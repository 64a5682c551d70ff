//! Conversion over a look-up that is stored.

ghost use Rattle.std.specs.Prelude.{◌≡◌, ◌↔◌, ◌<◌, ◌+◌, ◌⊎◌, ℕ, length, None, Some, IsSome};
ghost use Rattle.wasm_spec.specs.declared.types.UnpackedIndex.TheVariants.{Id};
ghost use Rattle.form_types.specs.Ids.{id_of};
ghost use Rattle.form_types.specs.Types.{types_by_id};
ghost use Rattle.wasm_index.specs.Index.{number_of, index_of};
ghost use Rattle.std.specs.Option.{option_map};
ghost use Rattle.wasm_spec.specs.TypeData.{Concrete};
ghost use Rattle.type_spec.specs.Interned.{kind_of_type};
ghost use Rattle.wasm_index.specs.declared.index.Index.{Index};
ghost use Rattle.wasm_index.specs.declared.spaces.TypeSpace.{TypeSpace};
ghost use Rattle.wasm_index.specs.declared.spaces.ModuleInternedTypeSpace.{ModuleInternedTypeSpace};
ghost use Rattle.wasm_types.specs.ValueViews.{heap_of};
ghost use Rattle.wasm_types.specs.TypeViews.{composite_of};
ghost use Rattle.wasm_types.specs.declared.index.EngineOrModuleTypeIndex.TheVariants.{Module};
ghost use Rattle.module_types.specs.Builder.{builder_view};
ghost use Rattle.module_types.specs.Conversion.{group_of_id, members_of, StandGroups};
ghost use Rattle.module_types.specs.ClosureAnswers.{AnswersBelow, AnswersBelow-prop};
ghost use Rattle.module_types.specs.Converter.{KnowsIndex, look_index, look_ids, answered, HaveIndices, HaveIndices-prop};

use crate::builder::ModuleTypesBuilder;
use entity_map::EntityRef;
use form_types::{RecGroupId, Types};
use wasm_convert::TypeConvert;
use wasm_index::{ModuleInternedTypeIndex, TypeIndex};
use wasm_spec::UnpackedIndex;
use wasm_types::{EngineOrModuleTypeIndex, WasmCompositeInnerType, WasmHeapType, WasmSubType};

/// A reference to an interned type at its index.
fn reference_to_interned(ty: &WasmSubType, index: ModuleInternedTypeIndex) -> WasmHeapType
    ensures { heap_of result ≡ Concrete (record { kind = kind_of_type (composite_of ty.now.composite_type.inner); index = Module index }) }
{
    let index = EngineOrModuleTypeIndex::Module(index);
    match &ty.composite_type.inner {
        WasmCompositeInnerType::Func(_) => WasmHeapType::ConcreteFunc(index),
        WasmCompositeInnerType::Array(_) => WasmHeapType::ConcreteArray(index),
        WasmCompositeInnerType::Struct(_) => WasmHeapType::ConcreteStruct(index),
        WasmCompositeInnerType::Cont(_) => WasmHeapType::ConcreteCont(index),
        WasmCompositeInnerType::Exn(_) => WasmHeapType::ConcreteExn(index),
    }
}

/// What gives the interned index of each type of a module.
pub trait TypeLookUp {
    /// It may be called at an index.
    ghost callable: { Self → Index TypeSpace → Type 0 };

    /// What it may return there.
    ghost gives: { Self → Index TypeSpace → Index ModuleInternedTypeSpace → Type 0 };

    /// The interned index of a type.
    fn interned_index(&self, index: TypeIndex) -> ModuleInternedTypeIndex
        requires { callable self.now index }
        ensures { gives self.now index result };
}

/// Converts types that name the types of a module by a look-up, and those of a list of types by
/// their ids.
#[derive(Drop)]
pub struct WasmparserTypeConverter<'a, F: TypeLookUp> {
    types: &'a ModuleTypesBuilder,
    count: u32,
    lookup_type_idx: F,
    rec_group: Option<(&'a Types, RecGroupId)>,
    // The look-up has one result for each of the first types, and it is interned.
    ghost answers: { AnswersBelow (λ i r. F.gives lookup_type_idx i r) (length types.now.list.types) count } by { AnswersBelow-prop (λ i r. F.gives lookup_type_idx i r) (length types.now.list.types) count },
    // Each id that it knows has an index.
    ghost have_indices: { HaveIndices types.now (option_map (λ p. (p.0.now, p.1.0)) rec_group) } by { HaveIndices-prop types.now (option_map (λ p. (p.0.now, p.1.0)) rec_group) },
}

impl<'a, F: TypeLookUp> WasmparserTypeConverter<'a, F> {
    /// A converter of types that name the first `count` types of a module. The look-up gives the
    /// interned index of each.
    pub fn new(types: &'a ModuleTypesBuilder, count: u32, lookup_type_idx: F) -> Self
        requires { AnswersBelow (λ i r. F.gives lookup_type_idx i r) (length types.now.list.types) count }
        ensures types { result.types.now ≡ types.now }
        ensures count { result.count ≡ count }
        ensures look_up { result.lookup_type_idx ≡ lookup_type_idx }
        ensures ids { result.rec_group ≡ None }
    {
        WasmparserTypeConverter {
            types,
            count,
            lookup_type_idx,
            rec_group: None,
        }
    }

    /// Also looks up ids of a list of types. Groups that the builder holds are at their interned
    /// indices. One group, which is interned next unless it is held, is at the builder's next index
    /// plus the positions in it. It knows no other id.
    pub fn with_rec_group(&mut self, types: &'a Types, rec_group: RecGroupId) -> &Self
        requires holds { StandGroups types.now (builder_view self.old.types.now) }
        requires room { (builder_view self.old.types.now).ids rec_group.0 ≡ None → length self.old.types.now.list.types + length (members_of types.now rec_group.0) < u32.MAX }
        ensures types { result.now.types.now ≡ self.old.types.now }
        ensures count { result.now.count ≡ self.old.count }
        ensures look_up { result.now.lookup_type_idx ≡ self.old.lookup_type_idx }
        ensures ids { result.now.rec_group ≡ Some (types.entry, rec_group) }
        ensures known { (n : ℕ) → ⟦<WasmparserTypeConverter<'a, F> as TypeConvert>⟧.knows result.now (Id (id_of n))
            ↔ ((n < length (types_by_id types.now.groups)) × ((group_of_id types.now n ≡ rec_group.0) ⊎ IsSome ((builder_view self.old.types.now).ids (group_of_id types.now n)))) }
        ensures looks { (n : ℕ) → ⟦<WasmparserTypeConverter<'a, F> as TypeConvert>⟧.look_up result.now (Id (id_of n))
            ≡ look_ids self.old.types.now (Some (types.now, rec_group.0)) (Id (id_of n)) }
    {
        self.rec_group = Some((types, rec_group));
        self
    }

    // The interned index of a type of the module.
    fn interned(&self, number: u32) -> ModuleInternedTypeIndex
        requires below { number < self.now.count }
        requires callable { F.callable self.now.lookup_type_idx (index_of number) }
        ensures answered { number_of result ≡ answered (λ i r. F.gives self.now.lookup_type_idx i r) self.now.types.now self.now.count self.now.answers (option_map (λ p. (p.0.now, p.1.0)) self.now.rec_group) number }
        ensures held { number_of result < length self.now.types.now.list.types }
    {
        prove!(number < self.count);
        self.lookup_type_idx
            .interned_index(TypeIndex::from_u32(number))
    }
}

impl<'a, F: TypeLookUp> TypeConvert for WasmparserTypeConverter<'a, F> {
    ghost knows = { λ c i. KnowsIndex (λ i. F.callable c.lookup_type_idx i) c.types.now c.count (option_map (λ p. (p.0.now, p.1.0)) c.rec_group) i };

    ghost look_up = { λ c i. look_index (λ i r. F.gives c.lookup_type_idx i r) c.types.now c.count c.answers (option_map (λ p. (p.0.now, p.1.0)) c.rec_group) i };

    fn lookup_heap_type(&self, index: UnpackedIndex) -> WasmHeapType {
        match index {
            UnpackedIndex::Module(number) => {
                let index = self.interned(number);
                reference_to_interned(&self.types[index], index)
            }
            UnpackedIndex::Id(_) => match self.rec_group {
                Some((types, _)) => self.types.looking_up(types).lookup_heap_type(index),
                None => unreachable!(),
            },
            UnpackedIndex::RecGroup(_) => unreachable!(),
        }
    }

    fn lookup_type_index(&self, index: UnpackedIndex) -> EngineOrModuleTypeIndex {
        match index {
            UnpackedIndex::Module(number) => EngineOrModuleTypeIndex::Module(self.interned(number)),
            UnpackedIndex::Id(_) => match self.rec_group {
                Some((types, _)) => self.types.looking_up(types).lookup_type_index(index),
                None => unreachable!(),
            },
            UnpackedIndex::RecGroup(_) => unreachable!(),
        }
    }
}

...

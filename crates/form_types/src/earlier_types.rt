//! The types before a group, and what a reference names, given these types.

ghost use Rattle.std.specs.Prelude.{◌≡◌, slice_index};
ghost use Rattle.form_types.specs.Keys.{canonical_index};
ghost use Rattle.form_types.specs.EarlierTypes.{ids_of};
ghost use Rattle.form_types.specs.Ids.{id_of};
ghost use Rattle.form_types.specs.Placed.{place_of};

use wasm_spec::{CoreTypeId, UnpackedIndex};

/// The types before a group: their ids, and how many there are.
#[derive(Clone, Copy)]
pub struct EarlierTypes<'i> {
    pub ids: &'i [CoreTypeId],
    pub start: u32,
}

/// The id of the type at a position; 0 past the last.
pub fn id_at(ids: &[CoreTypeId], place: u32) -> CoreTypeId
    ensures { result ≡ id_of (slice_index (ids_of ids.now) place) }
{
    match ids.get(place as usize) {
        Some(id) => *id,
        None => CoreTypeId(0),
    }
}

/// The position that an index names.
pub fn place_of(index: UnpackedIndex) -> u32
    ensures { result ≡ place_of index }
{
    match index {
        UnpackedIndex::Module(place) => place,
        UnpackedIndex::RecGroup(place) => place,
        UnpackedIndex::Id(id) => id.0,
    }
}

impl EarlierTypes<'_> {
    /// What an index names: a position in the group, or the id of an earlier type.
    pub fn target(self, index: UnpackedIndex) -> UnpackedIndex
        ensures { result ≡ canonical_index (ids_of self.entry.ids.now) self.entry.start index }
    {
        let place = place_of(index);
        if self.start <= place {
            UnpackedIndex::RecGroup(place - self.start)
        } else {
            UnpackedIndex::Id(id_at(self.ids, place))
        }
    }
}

EXERCISE REQUIREMENTS:
Starting from the data above, filter for lines with "AnswersBelow" and copy each one.

EXPECTED OUTPUT:
ghost use Rattle.module_types.specs.ClosureAnswers.{AnswersBelow, AnswersBelow-prop};
    ghost answers: { AnswersBelow (λ i r. F.gives lookup_type_idx i r) (length types.now.list.types) count } by { AnswersBelow-prop (λ i r. F.gives lookup_type_idx i r) (length types.now.list.types) count },
        requires { AnswersBelow (λ i r. F.gives lookup_type_idx i r) (length types.now.list.types) count }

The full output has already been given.